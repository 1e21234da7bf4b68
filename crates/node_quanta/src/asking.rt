// Quanta as events of the two kernels.
ghost use Rattle.isa_model.specs.Memory.{page_at};
ghost use Rattle.node_quanta.specs.Happening.{Comes, IsThread, memory_of};
ghost use Rattle.rv_quantum.specs.Images.{page_with};
ghost use Rattle.rv_quantum.specs.Told.{total};
ghost use Rattle.std.specs.Prelude.{◌≡◌, ◌≤◌, None};

use crate::stale::Stale;
use mck_flags::Rights;
use mck_word::{Pid, Regs, Tid};
use node_machine::Machine;
use rv_quantum::Quanta;

/// Two kernels in which quanta happen that were computed outside their lock.
pub trait RunsQuanta: Machine {
    /// The process and the registers of the thread. None exactly where no such thread lives.
    fn regs(&self, t: Tid) -> Option<(Pid, Regs)>
        ensures { IsThread (Self.pair self.now) t.0 result };

    /// Copies the bytes of a page of the process as they are now, and answers its rights. None exactly where it is
    /// absent, and nothing is copied then.
    fn page_image(&self, p: Pid, page: u64, into: &mut [u8; 4096]) -> Option<Rights>
        ensures page { page_with result into.new ≡ page_at (memory_of (Self.pair self.now) p.0) page }
        ensures absent { result ≡ None → into.new ≡ into.old };

    /// The quanta of the thread happen on the core, one Run for each, exactly where all of them may and the state is as
    /// they saw it. The answer is how many instructions they have, or the first reason against them.
    fn run_quanta(&mut self, core: u32, t: Tid, quanta: &Quanta) -> Result<u64, Stale>
        requires { 1 ≤ total quanta.now }
        ensures { Comes core t quanta.now (Self.pair self.old) result (Self.pair self.new) };
}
########
* _YOUR GOAL_: Please repeat word for word the lines above that run from the beginning through the line containing "1 ≤ total quanta.now", keeping both the first and that last line.

* _RESPONSE TO THIS TASK_:
repository 1e21234da7bf4b68
filename crates/node_quanta/src/asking.rt
// Quanta as events of the two kernels.
ghost use Rattle.isa_model.specs.Memory.{page_at};
ghost use Rattle.node_quanta.specs.Happening.{Comes, IsThread, memory_of};
ghost use Rattle.rv_quantum.specs.Images.{page_with};
ghost use Rattle.rv_quantum.specs.Told.{total};
ghost use Rattle.std.specs.Prelude.{◌≡◌, ◌≤◌, None};

use crate::stale::Stale;
use mck_flags::Rights;
use mck_word::{Pid, Regs, Tid};
use node_machine::Machine;
use rv_quantum::Quanta;

/// Two kernels in which quanta happen that were computed outside their lock.
pub trait RunsQuanta: Machine {
    /// The process and the registers of the thread. None exactly where no such thread lives.
    fn regs(&self, t: Tid) -> Option<(Pid, Regs)>
        ensures { IsThread (Self.pair self.now) t.0 result };

    /// Copies the bytes of a page of the process as they are now, and answers its rights. None exactly where it is
    /// absent, and nothing is copied then.
    fn page_image(&self, p: Pid, page: u64, into: &mut [u8; 4096]) -> Option<Rights>
        ensures page { page_with result into.new ≡ page_at (memory_of (Self.pair self.now) p.0) page }
        ensures absent { result ≡ None → into.new ≡ into.old };

    /// The quanta of the thread happen on the core, one Run for each, exactly where all of them may and the state is as
    /// they saw it. The answer is how many instructions they have, or the first reason against them.
    fn run_quanta(&mut self, core: u32, t: Tid, quanta: &Quanta) -> Result<u64, Stale>
        requires { 1 ≤ total quanta.now }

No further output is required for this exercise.